Malden Transp., Inc. v. Uber Techs., Inc.
386 F. Supp. 3d 96
D.D.C.2019Background
- Boston regulated taxis via Rule 403 and a Vehicle for Hire Ordinance requiring hackney driver and carriage licenses; the Hackney Department and Police Commissioner enforced those rules.
- Uber launched UberX (a P2P/TNC service) in June 2013 without requiring drivers to comply with Boston Taxi Rules, believing the rules applied only to taxis and not TNCs.
- From mid-2013 to Jan 2015, dozens or hundreds of Uber drivers were cited; Uber reimbursed many tickets while privately acknowledging enforcement risk and publicly asserting legality.

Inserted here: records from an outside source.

/// Searches for the instance that the reader gives, from the times in a file where one is named.
#[tactic(auto, using(crate::proofs::Ends::finished))]
pub(crate) fn search<R: AllocGlobal + Eprint + Files, I: Source, W: Sink, S: Search, N: Start>(
    rt: &R,
    reader: &mut I,
    writer: &mut W,
    period: u32,
    from: Option<&str>,
    task: &mut S,
    start: &mut N,
) -> Result<u8, Fault>
    requires within { S.within task.old }
    requires reads_fit { FewerThan (2 ^ 62) (I.calls reader.old) }
    requires writes_fit { FewerThan (2 ^ 62) (W.calls writer.old) }
    ensures answered { IfOk result (AnswersSearch N.reads (S.writes task.old task.new) from.entry period
        (over (I.remaining reader.old) (I.remaining reader.new)
        (I.calls reader.old) (I.calls reader.new))
        (over (W.contents writer.old) (W.contents writer.new)
        (W.calls writer.old) (W.calls writer.new))) }
    ensures stopped { IfErr result (λ fault. StopsSearch N.reads N.refused (S.stops task.old) (S.writes task.old task.new)
        from.entry fault period
        (over (I.remaining reader.old) (I.remaining reader.new)
        (I.calls reader.old) (I.calls reader.new))
        (over (W.contents writer.old) (W.contents writer.new)
        (W.calls writer.old) (W.calls writer.new))) }
    ensures silent { IfErr result (λ fault. fault ≢ Fault.Write → writer.new ≡ writer.old) }
{
    let alloc = rt.alloc();
    match from {
        None => done(run_alone(alloc, task, reader, writer, period)),
        Some(file) => {
            let mut times = opened_times(rt, file)?;
            let run = run_from_times(alloc, task, start, reader, &mut times, writer, period);
            warn_of_period(rt, &times.into_inner(), period);
            done(run)
        }
    }
}

/// Looks for a conflict in the instance that the reader gives, and tells it with the names in a file where one is named.
fn conflict<R: AllocGlobal + Eprint + Files, I: Source, W: Sink, E: Sink, F: Sharpener + Drop>(
    rt: &R,
    reader: &mut I,
    writer: &mut W,
    teller: &mut E,
    period: u32,
    steps: u32,
    names: Option<&str>,
    mut sharpener: F,
) -> Result<u8, Fault>
    requires steps { steps ≤ MOST_STEPS }
    requires reads_fit { FewerThan (2 ^ 62) (I.calls reader.old) }
    requires writes_fit { FewerThan (2 ^ 62) (W.calls writer.old) }
    requires tellings_fit { FewerThan (2 ^ 62) (E.calls teller.old) }
    ensures answered { IfOk result (AnswersConflict names.entry steps period
        (over (I.remaining reader.old) (I.remaining reader.new)
        (I.calls reader.old) (I.calls reader.new))
        (over (W.contents writer.old) (W.contents writer.new)
        (W.calls writer.old) (W.calls writer.new))
        (over (E.contents teller.old) (E.contents teller.new)
        (E.calls teller.old) (E.calls teller.new))
        (writer.new ≡ writer.old)) }
    ensures stopped { IfErr result (λ fault. StopsConflict names.entry fault steps period
        (over (I.remaining reader.old) (I.remaining reader.new)
        (I.calls reader.old) (I.calls reader.new))
        (over (W.contents writer.old) (W.contents writer.new)
        (W.calls writer.old) (W.calls writer.new))) }
    ensures silent { IfErr result (λ fault. fault ≢ Fault.Write → writer.new ≡ writer.old) }
{
    let alloc = rt.alloc();
    let mut sums = String::new(alloc);
    match names {
        None => {
            let finder = &mut sharpener;
            let told = run_conflict(
                alloc, reader, writer, period, steps, None, &mut sums, finder,
            )?;
            told_conflict(teller, told);
            Ok(status_of_told(told))
        }
        Some(file) => {
            let names = names_in(rt, file)?;
            let run = run_conflict(
                alloc,
                reader,
                writer,
                period,
                steps,
                Some(&names),
                &mut sums,
                &mut sharpener,
            );
            drop(names);
            let told = run?;
            told_conflict(teller, told);
            tell_sums(rt, &sums);
            Ok(status_of_told(told))
        }
    }
}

- Massachusetts enacted the TNC Act in August 2016, preempting municipal regulation of TNCs and assigning jurisdiction to state agencies; plaintiffs limit their claim period to June 2013–August 2016.
- Plaintiffs (medallion owners) sued alleging unfair competition and Chapter 93A violations, seeking summary judgment on liability and defendants’ §3 and superseding-cause defenses; defendants cross-moved on liability and res judicata and §3 defenses.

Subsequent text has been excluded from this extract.